Records from a data collection:

────────────────

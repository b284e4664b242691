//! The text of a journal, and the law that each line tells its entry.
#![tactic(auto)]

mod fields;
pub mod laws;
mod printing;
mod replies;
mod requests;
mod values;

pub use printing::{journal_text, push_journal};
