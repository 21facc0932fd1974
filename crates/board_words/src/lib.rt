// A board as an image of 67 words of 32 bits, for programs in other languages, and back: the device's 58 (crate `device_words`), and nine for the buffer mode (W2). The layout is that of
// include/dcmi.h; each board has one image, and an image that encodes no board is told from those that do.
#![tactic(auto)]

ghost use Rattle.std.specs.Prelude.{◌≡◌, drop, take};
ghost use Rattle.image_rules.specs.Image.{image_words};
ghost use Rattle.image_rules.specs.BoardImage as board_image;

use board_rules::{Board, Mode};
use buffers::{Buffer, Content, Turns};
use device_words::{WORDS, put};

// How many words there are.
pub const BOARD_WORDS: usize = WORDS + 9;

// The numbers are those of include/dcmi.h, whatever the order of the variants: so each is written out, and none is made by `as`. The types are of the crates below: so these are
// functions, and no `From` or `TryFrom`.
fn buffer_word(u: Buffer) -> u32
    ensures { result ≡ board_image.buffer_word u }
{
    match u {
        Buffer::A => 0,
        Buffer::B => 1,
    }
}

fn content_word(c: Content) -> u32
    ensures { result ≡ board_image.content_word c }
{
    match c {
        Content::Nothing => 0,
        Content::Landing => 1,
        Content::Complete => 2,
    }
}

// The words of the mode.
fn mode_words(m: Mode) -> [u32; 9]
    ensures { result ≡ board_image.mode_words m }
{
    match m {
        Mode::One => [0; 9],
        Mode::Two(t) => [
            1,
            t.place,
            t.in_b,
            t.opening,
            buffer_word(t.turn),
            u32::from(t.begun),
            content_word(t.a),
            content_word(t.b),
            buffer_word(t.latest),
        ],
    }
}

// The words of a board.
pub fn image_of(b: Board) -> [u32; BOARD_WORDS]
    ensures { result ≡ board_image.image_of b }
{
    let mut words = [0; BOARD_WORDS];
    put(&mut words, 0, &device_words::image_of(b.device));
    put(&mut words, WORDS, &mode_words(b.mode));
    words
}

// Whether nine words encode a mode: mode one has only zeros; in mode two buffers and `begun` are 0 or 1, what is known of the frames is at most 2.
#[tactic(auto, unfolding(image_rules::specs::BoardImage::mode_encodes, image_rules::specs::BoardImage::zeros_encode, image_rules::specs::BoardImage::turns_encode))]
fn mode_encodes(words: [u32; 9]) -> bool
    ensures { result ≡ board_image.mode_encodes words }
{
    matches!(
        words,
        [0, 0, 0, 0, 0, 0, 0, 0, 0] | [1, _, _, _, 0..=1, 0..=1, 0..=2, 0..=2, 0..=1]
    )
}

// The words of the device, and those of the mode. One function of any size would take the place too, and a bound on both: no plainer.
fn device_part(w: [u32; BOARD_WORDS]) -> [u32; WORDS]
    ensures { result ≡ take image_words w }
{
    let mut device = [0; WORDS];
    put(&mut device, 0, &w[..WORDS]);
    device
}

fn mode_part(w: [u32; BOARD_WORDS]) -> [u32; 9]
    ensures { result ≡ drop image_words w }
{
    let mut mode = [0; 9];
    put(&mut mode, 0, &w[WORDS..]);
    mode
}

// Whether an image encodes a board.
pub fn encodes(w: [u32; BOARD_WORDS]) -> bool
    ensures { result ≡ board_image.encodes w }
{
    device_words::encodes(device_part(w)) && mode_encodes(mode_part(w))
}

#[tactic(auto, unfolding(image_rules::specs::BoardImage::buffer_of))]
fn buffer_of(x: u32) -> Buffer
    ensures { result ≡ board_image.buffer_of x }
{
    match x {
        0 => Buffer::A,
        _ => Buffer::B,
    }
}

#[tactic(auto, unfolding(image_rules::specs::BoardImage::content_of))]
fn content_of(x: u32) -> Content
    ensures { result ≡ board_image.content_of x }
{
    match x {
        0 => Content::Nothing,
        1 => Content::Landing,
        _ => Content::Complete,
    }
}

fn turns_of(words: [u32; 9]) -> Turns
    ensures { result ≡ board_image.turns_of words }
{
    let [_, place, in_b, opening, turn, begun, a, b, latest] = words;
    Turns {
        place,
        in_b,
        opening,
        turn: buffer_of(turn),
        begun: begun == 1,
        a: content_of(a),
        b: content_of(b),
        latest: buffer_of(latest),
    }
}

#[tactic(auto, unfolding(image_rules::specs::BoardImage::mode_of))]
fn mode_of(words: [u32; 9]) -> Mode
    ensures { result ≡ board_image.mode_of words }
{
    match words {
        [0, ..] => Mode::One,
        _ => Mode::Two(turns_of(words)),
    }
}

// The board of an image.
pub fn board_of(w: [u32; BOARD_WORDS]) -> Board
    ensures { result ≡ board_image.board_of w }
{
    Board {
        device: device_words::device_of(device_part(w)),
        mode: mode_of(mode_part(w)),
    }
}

────────────────

- **TRY IT**: Copy out all lines above that include the string "specs".

- **FINISHED EXERCISE**:
ghost use Rattle.std.specs.Prelude.{◌≡◌, drop, take};
ghost use Rattle.image_rules.specs.Image.{image_words};
ghost use Rattle.image_rules.specs.BoardImage as board_image;
#[tactic(auto, unfolding(image_rules::specs::BoardImage::mode_encodes, image_rules::specs::BoardImage::zeros_encode, image_rules::specs::BoardImage::turns_encode))]
#[tactic(auto, unfolding(image_rules::specs::BoardImage::buffer_of))]
#[tactic(auto, unfolding(image_rules::specs::BoardImage::content_of))]
#[tactic(auto, unfolding(image_rules::specs::BoardImage::mode_of))]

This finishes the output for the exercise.